Bilko's production topology (verified 2026-05-08) consists of three hops: Internet → GCLB EXTERNAL_MANAGED → Serverless NEG → Cloud Run GFE → Ktor. GCLB appends the real client IP, and Cloud Run GFE appends the GCLB POP address, resulting in an XFF chain of [attacker-supplied-values, real-client-ip, gclb-pop-ip]. With hopCount=2, the extractor correctly reads xff[size - 2] to retrieve the real client IP.

Network Topology

Bilko's production topology (as of 2026-05-08) consists of:

Internet client
     |
     v
GCLB EXTERNAL_MANAGED (google_compute_global_forwarding_rule "bilko-stage-https-fwd")
     | TLS termination, Cloud Armor policy (if enabled)
     v
Serverless NEG (google_compute_region_network_endpoint_group "bilko-stage-api-neg")
     |
     v
Cloud Run GFE (internal Google Frontend — *.run.app / *.europe-north1.run.app)
     |
     v
Ktor Application (bilko-api-stage container)

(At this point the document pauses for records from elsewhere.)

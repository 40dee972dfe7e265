// A schema is compiled for a table of names.
ghost use Rattle.std.specs.Prelude.{◌≡◌, [], map, replicate, length, IfOk, OnOk};
ghost use Rattle.plain_tree.specs.Numbers.{nodes};
ghost use Rattle.plain_tree.specs.Tree.{Tree, none, more};
ghost use Rattle.slt_grammar.specs.Automata.{hits};
ghost use Rattle.slt_grammar.specs.Coding.{Codes};
ghost use Rattle.slt_grammar.specs.Terms.{Term};
ghost use Rattle.content_models.specs.Checking.{checking_algebra, checking_downward};
ghost use Rattle.content_models.specs.Compiled.{AddsAll, ruled_from, sort_of};
ghost use Rattle.content_models.specs.Rules.{rule_of, rules_of};
ghost use Rattle.content_models.specs.Ways.{to_end, way_of};
ghost use Rattle.content_models.specs.Wrong.{AreWrong};

use crate::checker::{Checker, Row};
use crate::compiling::add_model;
use crate::schema::{Declaration, Schema};
use crate::sorts::Sort;
use crate::ways::Way;
use plain_tree::{Kind, Names};
use std::alloc::{AllocError, Global};

impl Schema {
    /// The checker of this schema for documents with this table of names.
    ///
    /// Over what codes a document it hits the elements whose names have models that do not match the names of their child elements. It
    /// fails for want of memory alone.
    pub fn compile(&self, alloc: Global, names: &Names) -> Result<Checker, AllocError>
        ensures { IfOk result (λ checker. (t : Tree) (term : Term) → Codes names.now (more t none) term → AreWrong (rules_of self.now) 0 (nodes t) (hits (checking_algebra checker) (checking_downward checker) term)) }
    {
        let sorts = sorts_of(alloc, &self.declarations, names)?;
        let mut rows = empty_rows(alloc, names.len())?;
        let fronts = add_models(alloc, names, &self.declarations, &mut rows)?;
        Ok(Checker {
            alloc,
            sorts,
            fronts,
            rows,
        })
    }
}

/// The sort of an element, by the first model of its name.
fn ruled(declarations: &[Declaration], name: &[u8]) -> Sort
    ensures { result ≡ ruled_from 0 (map rule_of declarations.now) name.now }
{
    'models: for model in 0..declarations.len() {
        if declarations[model].name.as_slice() == name {
            return Sort::Ruled(model);
        }
    }
    Sort::Free
}

fn sort_of(declarations: &[Declaration], kind: Kind, name: &[u8]) -> Sort
    ensures { result ≡ sort_of (map rule_of declarations.now) kind name.now }
{
    match kind {
        Kind::Element => ruled(declarations, name),
        _ => Sort::Other,
    }
}

fn sorts_of(
    alloc: Global,
    declarations: &[Declaration],
    names: &Names,
) -> Result<Vec<Sort>, AllocError>
    ensures { IfOk result (λ sorts. sorts.items ≡ map (λ pair. sort_of (map rule_of declarations.now) pair.0 pair.1) names.now) }
{
    let mut sorts = Vec::new(alloc);
    'names: for place in 0..names.len() {
        let Some((kind, name)) = names.at(place) else {
            unreachable!()
        };
        sorts.push(sort_of(declarations, kind, name))?;
    }
    Ok(sorts)
}

fn empty_rows(alloc: Global, count: usize) -> Result<Vec<Row>, AllocError>
    ensures { IfOk result (λ rows. rows.items ≡ replicate count []) }
{
    let mut rows = Vec::new(alloc);
    'rows: for _ in 0..count {
        rows.push(Row {
            spots: Vec::new(alloc),
        })?;
    }
    Ok(rows)
}

/// Adds the places of all models to the rows, and answers where each model begins.
fn add_models(
    alloc: Global,
    names: &Names,
    declarations: &[Declaration],
    rows: &mut Vec<Row>,
) -> Result<Vec<Way>, AllocError>
    requires { length rows.old.items ≡ length names.now }
    ensures fronts { IfOk result (λ fronts. fronts.items ≡ map (λ pair. way_of 0 pair.1 to_end) (map rule_of declarations.now)) }
    ensures added { OnOk result (AddsAll names.now (map rule_of declarations.now) rows.old.items rows.new.items) }
{
    let mut fronts = Vec::new(alloc);
    'models: for model in 0..declarations.len() {
        let front = add_model(alloc, names, model, &declarations[model], rows)?;
        fronts.push(front)?;
    }
    Ok(fronts)
}
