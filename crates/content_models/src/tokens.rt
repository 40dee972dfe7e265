// The token at the front of bytes.
ghost use Rattle.std.specs.Prelude.{◌≡◌, ◌≤◌, ◌<◌, length, IfSome};
ghost use Rattle.xml_tokens.specs.Cutting.{back};
ghost use Rattle.xml_tokens.specs.Seen.{seen_part, seen_parts};
ghost use Rattle.xml_tokens.specs.NameBytes.{is_name_byte};
ghost use Rattle.content_models.specs.Seen.{seen};
ghost use Rattle.content_models.specs.Tokens.{behind_equals, is_blank, name_at, sign_at, token_at};

use crate::token::Token;
use xml_tokens::{is_name, is_name_char};

// A token, and what follows it.
type Found<'a> = Option<(Token<'a>, &'a [u8])>;

fn is_blank(c: u8) -> bool
    ensures { result ≡ is_blank c }
{
    matches!(c, b' ' | b'\t' | b'\r')
}

// A byte that may stand in a name; each byte of a character beyond ASCII counts, since such characters stand in names alone.
fn is_name_byte(c: u8) -> bool
    ensures { result ≡ is_name_byte c }
{
    128 <= c || is_name_char(char::from(c))
}

/// The bytes behind the blanks at the front.
pub(crate) fn skip_blanks(bytes: &[u8]) -> &[u8]
    ensures left { result.now ≡ back is_blank bytes.now }
    ensures not_longer { length result.now ≤ length bytes.now }
{
    let mut rest = bytes;
    while let [first, tail @ ..] = rest {
        if !is_blank(*first) {
            return rest;
        }
        rest = tail;
    }
    rest
}

fn skip_name_bytes(bytes: &[u8]) -> &[u8]
    ensures left { result.now ≡ back is_name_byte bytes.now }
    ensures not_longer { length result.now ≤ length bytes.now }
{
    let mut rest = bytes;
    while let [first, tail @ ..] = rest {
        if !is_name_byte(*first) {
            return rest;
        }
        rest = tail;
    }
    rest
}

/// The name at the front, and what follows it.
#[tactic(auto, using(crate::proofs::NameLemmas::name_found, crate::proofs::NameLemmas::name_missing, crate::proofs::NameLemmas::name_shorter))]
pub(crate) fn name_at(bytes: &[u8]) -> Option<(&[u8], &[u8])>
    ensures found { seen_parts result ≡ name_at bytes.now }
    ensures shorter { IfSome result (λ p. length p.1.now < length bytes.now) }
{
    let rest = skip_name_bytes(bytes);
    let name = &bytes[..bytes.len() - rest.len()];
    if is_name(name) {
        Some((name, rest))
    } else {
        None
    }
}

/// What follows an equals sign and the blanks before it, if it stands at the front.
pub(crate) fn behind_equals(bytes: &[u8]) -> Option<&[u8]>
    ensures found { seen_part result ≡ behind_equals (back is_blank bytes.now) }
{
    match skip_blanks(bytes) {
        [b'=', rest @ ..] => Some(rest),
        _ => None,
    }
}

fn sign_at(first: u8, rest: &[u8]) -> Found<'_>
    ensures found { seen result ≡ sign_at first rest.now }
    ensures shorter { IfSome result (λ p. length p.1.now ≤ length rest.now) }
{
    match first {
        b'(' => Some((Token::Open, rest)),
        b')' => Some((Token::Close, rest)),
        b',' => Some((Token::Comma, rest)),
        b'|' => Some((Token::Bar, rest)),
        b'?' => Some((Token::Question, rest)),
        b'*' => Some((Token::Star, rest)),
        b'+' => Some((Token::Plus, rest)),
        _ => None,
    }
}

/// The token at the front, and what follows it.
#[tactic(auto, unfolding(crate::specs::Tokens::token_at))]
pub(crate) fn next_token(bytes: &[u8]) -> Found<'_>
    ensures found { seen result ≡ token_at bytes.now }
    ensures shorter { IfSome result (λ p. length p.1.now < length bytes.now) }
{
    match bytes {
        [] => None,
        [first, tail @ ..] => {
            if is_name_byte(*first) {
                let (name, rest) = name_at(bytes)?;
                Some((Token::Word(name), rest))
            } else {
                sign_at(*first, tail)
            }
        }
    }
}
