// What a line of a schema gives.
ghost use Rattle.std.specs.Prelude.{◌≡◌, ℕ, IfOk, IfSome, List};
ghost use Rattle.content_models.specs.Givens.{comment, given_of, given_by, is_large, IsExact};
ghost use Rattle.content_models.specs.Lines.{Given, Gives, IsLine, SpellsModel};
ghost use Rattle.content_models.specs.Models.{Model};

use crate::error::ReadError;
use crate::model_reading::read_model;
use crate::postfix::{Op, names_in_code};
use crate::tokens::{behind_equals, name_at, skip_blanks};
use plain_tree::Bytes;
use std::alloc::Global;
use xml_tokens::are_chars;

/// A name, the code of the model that is given to it, and how deep its parentheses are nested.
#[derive(Drop)]
pub(crate) struct Line {
    pub name: Bytes,
    pub code: Vec<Op>,
    pub depth: usize,
}

/// How many names a model may have, and how deep its parentheses may be nested.
const LIMIT: usize = 64;

impl Line {
    /// Whether the model passes a limit.
    pub(crate) fn is_large(&self) -> bool
        ensures { result ≡ is_large self.now }
    {
        names_in_code(&self.code) > LIMIT || self.depth > LIMIT
    }
}

/// What a line gives, which has no line feed.
pub(crate) fn read_line(alloc: Global, line: &[u8]) -> Result<Option<Line>, ReadError>
    ensures given { IfOk result (λ read. IsLine line.now (given_by read)) }
    ensures exact { IfOk result (λ read. IfSome read (λ given. IsExact given)) }
    ensures bad { result ≡ Err ReadError.Bad → (gs : List Given) → IsLine line.now gs → ⊥ }
{
    let rest = skip_blanks(line);
    match comment(rest) {
        Some(true) => Ok(None),
        Some(false) => Err(ReadError::Bad),
        None => match read_given(alloc, rest) {
            Ok(given) => Ok(Some(given)),
            Err(error) => Err(error),
        },
    }
}

/// Whether what may be a comment is one, if nothing or a number sign stands at the front.
fn comment(rest: &[u8]) -> Option<bool>
    ensures { result ≡ comment rest.now }
{
    match rest {
        [] => Some(true),
        [b'#', text @ ..] => Some(are_chars(text)),
        _ => None,
    }
}

/// The model that a line gives, of which these bytes are left behind the blanks at the front.
fn read_given(alloc: Global, rest: &[u8]) -> Result<Line, ReadError>
    ensures given { IfOk result (λ line. Gives rest.now (given_of line)) }
    ensures exact { IfOk result (λ line. IsExact line) }
    ensures bad { result ≡ Err ReadError.Bad → (g : Given) → Gives rest.now g → ⊥ }
{
    match name_at(rest) {
        Some((name, behind)) => match behind_equals(behind) {
            Some(right) => read_right(alloc, name, right),
            None => Err(ReadError::Bad),
        },
        None => Err(ReadError::Bad),
    }
}

/// The model to the right of the equals sign.
fn read_right(alloc: Global, name: &[u8], right: &[u8]) -> Result<Line, ReadError>
    ensures name { IfOk result (λ line. line.name ≡ name.now) }
    ensures spelled { IfOk result (λ line. SpellsModel right.now (given_of line).model line.depth) }
    ensures exact { IfOk result (λ line. IsExact line) }
    ensures bad { result ≡ Err ReadError.Bad → (model : Model) (depth : ℕ) → SpellsModel right.now model depth → ⊥ }
{
    let name = Bytes::from_slice(alloc, name)?;
    match read_model(alloc, right) {
        Ok(read) => Ok(Line {
            name,
            code: read.code,
            depth: read.depth,
        }),
        Err(error) => Err(error),
    }
}
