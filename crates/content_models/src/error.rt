// Why no schema was read.
use std::alloc::{AllocError, AllocFailed};
use thiserror::Error;

/// Why bytes gave no schema.
#[derive(Clone, Copy, Debug, PartialEq, Eq, Drop, Error)]
pub enum SchemaError {
    /// They are not in the grammar of schemas, or give two models to one name.
    #[error("bad schema")]
    Bad = 1,
    /// They are in the grammar and pass its limits.
    #[error("large schema")]
    Large = 2,
    /// There was no memory.
    #[error("no memory to read the schema")]
    Memory = 3,
}

impl From<AllocError> for SchemaError {
    ghost use Rattle.std.specs.Prelude.{◌≡◌};
    ghost use Rattle.content_models.specs.declared.error.SchemaError.TheVariants.{Memory};

    ghost from_gives = { λ _ e. e ≡ Memory };

    fn from(_: AllocError) -> SchemaError {
        SchemaError::Memory
    }
}

impl<T: Drop> From<AllocFailed<T>> for SchemaError {
    ghost use Rattle.std.specs.Prelude.{◌≡◌};
    ghost use Rattle.content_models.specs.declared.error.SchemaError.TheVariants.{Memory};

    ghost from_gives = { λ _ e. e ≡ Memory };

    fn from(_: AllocFailed<T>) -> SchemaError {
        SchemaError::Memory
    }
}

impl From<ReadError> for SchemaError {
    ghost use Rattle.std.specs.Prelude.{◌≡◌};
    ghost use Rattle.content_models.specs.Errors.{as_schema};

    ghost from_gives = { λ f e. e ≡ as_schema f };

    fn from(error: ReadError) -> SchemaError {
        match error {
            ReadError::Bad => SchemaError::Bad,
            ReadError::Memory => SchemaError::Memory,
        }
    }
}

/// Why a line or a part of it was not read.
#[derive(Clone, Copy, Debug, PartialEq, Eq, Drop)]
pub(crate) enum ReadError {
    /// It is not in the grammar of schemas.
    Bad,
    /// There was no memory.
    Memory,
}

impl From<AllocError> for ReadError {
    ghost use Rattle.std.specs.Prelude.{◌≡◌};
    ghost use Rattle.content_models.specs.declared.error.ReadError.TheVariants.{Memory};

    ghost from_gives = { λ _ e. e ≡ Memory };

    fn from(_: AllocError) -> ReadError {
        ReadError::Memory
    }
}

impl<T: Drop> From<AllocFailed<T>> for ReadError {
    ghost use Rattle.std.specs.Prelude.{◌≡◌};
    ghost use Rattle.content_models.specs.declared.error.ReadError.TheVariants.{Memory};

    ghost from_gives = { λ _ e. e ≡ Memory };

    fn from(_: AllocFailed<T>) -> ReadError {
        ReadError::Memory
    }
}
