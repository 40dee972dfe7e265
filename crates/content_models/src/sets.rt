// Sets of places of models.
ghost use Rattle.std.specs.Prelude.{◌≡◌};
ghost use Rattle.std.specs.Hash as fed;

use std::alloc::{AllocError, Global};
use std::hash::{Hash, Hasher};
use std::marker::Model;

/// For each model a set of its places.
#[derive(Drop)]
pub struct Sets {
    words: Vec<u64>,
}

impl Model for Sets {
    ghost use Rattle.std.specs.Prelude.{List, ℕ};

    ghost Value = { List ℕ };

    ghost view = { λ s. s.words.items };
}

impl Sets {
    ghost use Rattle.std.specs.Prelude.{IfOk};

    pub(crate) fn from_words(alloc: Global, words: &[u64]) -> Result<Sets, AllocError>
        ensures { IfOk result (λ sets. sets ≡ words.now) }
    {
        Ok(Sets {
            words: words.to_vec(alloc)?,
        })
    }

    pub(crate) fn words(&self) -> &[u64]
        ensures { result.now ≡ self.now }
    {
        self.words.as_slice()
    }

    pub(crate) fn copy(&self) -> Result<Sets, AllocError>
        ensures { IfOk result (λ again. again ≡ self.now) }
    {
        Ok(Sets {
            words: self.words.to_vec(*self.words.allocator())?,
        })
    }
}

impl PartialEq for Sets {
    ghost use Rattle.std.specs.Str.{bytes_eq};
    ghost use Rattle.std.specs.Cmp.{partial_equiv_from_equiv};
    ghost use Rattle.content_models.specs.SameSets.{same_sets_equiv};

    ghost eq = { bytes_eq };

    ghost laws = { partial_equiv_from_equiv same_sets_equiv };

    fn eq(&self, other: &Sets) -> bool {
        self.words == other.words
    }
}

impl Eq for Sets {
    ghost use Rattle.content_models.specs.SameSets.{same_sets_equiv};

    ghost laws = { same_sets_equiv };
}

impl Hash for Sets {
    ghost use Rattle.std.proofs.Common.{ap};
    ghost use Rattle.content_models.specs.SameSets.{same_sets};

    ghost hash_input = { fed.slice fed.u64 };

    ghost respects_eq = { λ a b e. ap (fed.slice fed.u64) (same_sets a b e) };

    fn hash<H: Hasher>(&self, state: &mut H) {
        self.words.hash(state);
    }
}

X-Forwarded-For structure on the GCLB path:

X-Forwarded-For: <attacker-supplied-values>, <real-client-ip>, <gclb-pop-ip>
                  ^                            ^                    ^
                  Index 0 (NEVER trust)        Index size-2        Index size-1
                                               (real client)       (GCLB POP, appended by GFE)

Direct *.run.app bypass path: With INGRESS_TRAFFIC_ALL set (confirmed live 2026-05-08), direct *.run.app requests skip GCLB entirely. On that path, only one GCP hop is appended (Cloud Run GFE), so hopCount=2 would under-extract. This is a residual risk tracked in MC #99924 (FlowForge INGRESS lockdown).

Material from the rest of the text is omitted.